What you need to do —
Working line by line, output the entries below exactly as they appear.

Data items
--- START ---

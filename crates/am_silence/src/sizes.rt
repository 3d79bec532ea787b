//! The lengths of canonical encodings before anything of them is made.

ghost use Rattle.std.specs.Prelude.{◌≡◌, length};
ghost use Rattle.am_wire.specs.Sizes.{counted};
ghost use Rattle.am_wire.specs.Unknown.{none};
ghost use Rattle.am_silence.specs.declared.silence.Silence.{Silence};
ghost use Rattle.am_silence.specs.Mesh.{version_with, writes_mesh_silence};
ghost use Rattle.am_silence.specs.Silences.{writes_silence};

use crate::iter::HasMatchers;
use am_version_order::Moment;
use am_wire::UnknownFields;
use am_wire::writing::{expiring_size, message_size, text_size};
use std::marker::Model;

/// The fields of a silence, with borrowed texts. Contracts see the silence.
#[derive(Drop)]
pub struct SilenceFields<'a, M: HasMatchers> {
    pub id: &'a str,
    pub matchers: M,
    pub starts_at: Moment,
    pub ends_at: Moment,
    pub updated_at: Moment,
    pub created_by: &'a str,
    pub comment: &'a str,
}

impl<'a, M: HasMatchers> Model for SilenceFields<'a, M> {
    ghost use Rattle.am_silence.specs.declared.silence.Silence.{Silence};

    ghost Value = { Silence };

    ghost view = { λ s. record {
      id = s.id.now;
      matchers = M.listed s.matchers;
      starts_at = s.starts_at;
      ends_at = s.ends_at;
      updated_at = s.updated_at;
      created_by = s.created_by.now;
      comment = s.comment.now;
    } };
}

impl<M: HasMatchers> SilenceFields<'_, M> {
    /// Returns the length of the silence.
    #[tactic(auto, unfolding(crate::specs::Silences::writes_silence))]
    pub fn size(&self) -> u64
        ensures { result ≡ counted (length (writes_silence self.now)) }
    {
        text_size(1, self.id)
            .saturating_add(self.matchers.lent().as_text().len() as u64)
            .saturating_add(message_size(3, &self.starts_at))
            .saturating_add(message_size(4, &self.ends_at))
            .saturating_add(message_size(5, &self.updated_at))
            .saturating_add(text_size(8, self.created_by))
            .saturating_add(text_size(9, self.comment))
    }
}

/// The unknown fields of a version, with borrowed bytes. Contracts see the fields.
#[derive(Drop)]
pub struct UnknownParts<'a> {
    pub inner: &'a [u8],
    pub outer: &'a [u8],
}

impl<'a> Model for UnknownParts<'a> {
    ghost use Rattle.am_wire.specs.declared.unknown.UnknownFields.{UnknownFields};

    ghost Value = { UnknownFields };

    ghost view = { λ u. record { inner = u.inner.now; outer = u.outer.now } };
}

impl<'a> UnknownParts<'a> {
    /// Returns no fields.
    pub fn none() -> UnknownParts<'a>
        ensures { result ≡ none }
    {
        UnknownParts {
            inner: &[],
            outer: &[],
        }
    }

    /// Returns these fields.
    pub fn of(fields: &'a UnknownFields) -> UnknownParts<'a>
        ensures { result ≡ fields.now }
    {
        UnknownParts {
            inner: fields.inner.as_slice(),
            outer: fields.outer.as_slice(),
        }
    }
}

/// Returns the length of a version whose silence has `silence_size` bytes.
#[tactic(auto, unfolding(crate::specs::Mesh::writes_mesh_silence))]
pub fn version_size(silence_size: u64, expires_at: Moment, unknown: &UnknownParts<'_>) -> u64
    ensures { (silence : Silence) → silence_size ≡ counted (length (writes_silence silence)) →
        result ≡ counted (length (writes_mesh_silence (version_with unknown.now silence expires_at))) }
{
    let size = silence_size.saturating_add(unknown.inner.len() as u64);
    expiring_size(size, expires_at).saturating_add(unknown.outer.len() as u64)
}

--- END ---

Exercise output —
filename crates/am_silence/src/sizes.rt
repository 3d79bec532ea787b
//! The lengths of canonical encodings before anything of them is made.

ghost use Rattle.std.specs.Prelude.{◌≡◌, length};
ghost use Rattle.am_wire.specs.Sizes.{counted};
ghost use Rattle.am_wire.specs.Unknown.{none};
ghost use Rattle.am_silence.specs.declared.silence.Silence.{Silence};
ghost use Rattle.am_silence.specs.Mesh.{version_with, writes_mesh_silence};
ghost use Rattle.am_silence.specs.Silences.{writes_silence};

use crate::iter::HasMatchers;
use am_version_order::Moment;
use am_wire::UnknownFields;
use am_wire::writing::{expiring_size, message_size, text_size};
use std::marker::Model;

/// The fields of a silence, with borrowed texts. Contracts see the silence.
#[derive(Drop)]
pub struct SilenceFields<'a, M: HasMatchers> {
    pub id: &'a str,
    pub matchers: M,
    pub starts_at: Moment,
    pub ends_at: Moment,
    pub updated_at: Moment,
    pub created_by: &'a str,
    pub comment: &'a str,
}

impl<'a, M: HasMatchers> Model for SilenceFields<'a, M> {
    ghost use Rattle.am_silence.specs.declared.silence.Silence.{Silence};

    ghost Value = { Silence };

    ghost view = { λ s. record {
      id = s.id.now;
      matchers = M.listed s.matchers;
      starts_at = s.starts_at;
      ends_at = s.ends_at;
      updated_at = s.updated_at;
      created_by = s.created_by.now;
      comment = s.comment.now;
    } };
}

impl<M: HasMatchers> SilenceFields<'_, M> {
    /// Returns the length of the silence.
    #[tactic(auto, unfolding(crate::specs::Silences::writes_silence))]
    pub fn size(&self) -> u64
        ensures { result ≡ counted (length (writes_silence self.now)) }
    {
        text_size(1, self.id)
            .saturating_add(self.matchers.lent().as_text().len() as u64)
            .saturating_add(message_size(3, &self.starts_at))
            .saturating_add(message_size(4, &self.ends_at))
            .saturating_add(message_size(5, &self.updated_at))
            .saturating_add(text_size(8, self.created_by))
            .saturating_add(text_size(9, self.comment))
    }
}

/// The unknown fields of a version, with borrowed bytes. Contracts see the fields.
#[derive(Drop)]
pub struct UnknownParts<'a> {
    pub inner: &'a [u8],
    pub outer: &'a [u8],
}

impl<'a> Model for UnknownParts<'a> {
    ghost use Rattle.am_wire.specs.declared.unknown.UnknownFields.{UnknownFields};

    ghost Value = { UnknownFields };

    ghost view = { λ u. record { inner = u.inner.now; outer = u.outer.now } };
}

impl<'a> UnknownParts<'a> {
    /// Returns no fields.
    pub fn none() -> UnknownParts<'a>
        ensures { result ≡ none }
    {
        UnknownParts {
            inner: &[],
            outer: &[],
        }
    }

    /// Returns these fields.
    pub fn of(fields: &'a UnknownFields) -> UnknownParts<'a>
        ensures { result ≡ fields.now }
    {
        UnknownParts {
            inner: fields.inner.as_slice(),
            outer: fields.outer.as_slice(),
        }
    }
}

/// Returns the length of a version whose silence has `silence_size` bytes.
#[tactic(auto, unfolding(crate::specs::Mesh::writes_mesh_silence))]
pub fn version_size(silence_size: u64, expires_at: Moment, unknown: &UnknownParts<'_>) -> u64
    ensures { (silence : Silence) → silence_size ≡ counted (length (writes_silence silence)) →
        result ≡ counted (length (writes_mesh_silence (version_with unknown.now silence expires_at))) }
{
    let size = silence_size.saturating_add(unknown.inner.len() as u64);
    expiring_size(size, expires_at).saturating_add(unknown.outer.len() as u64)
}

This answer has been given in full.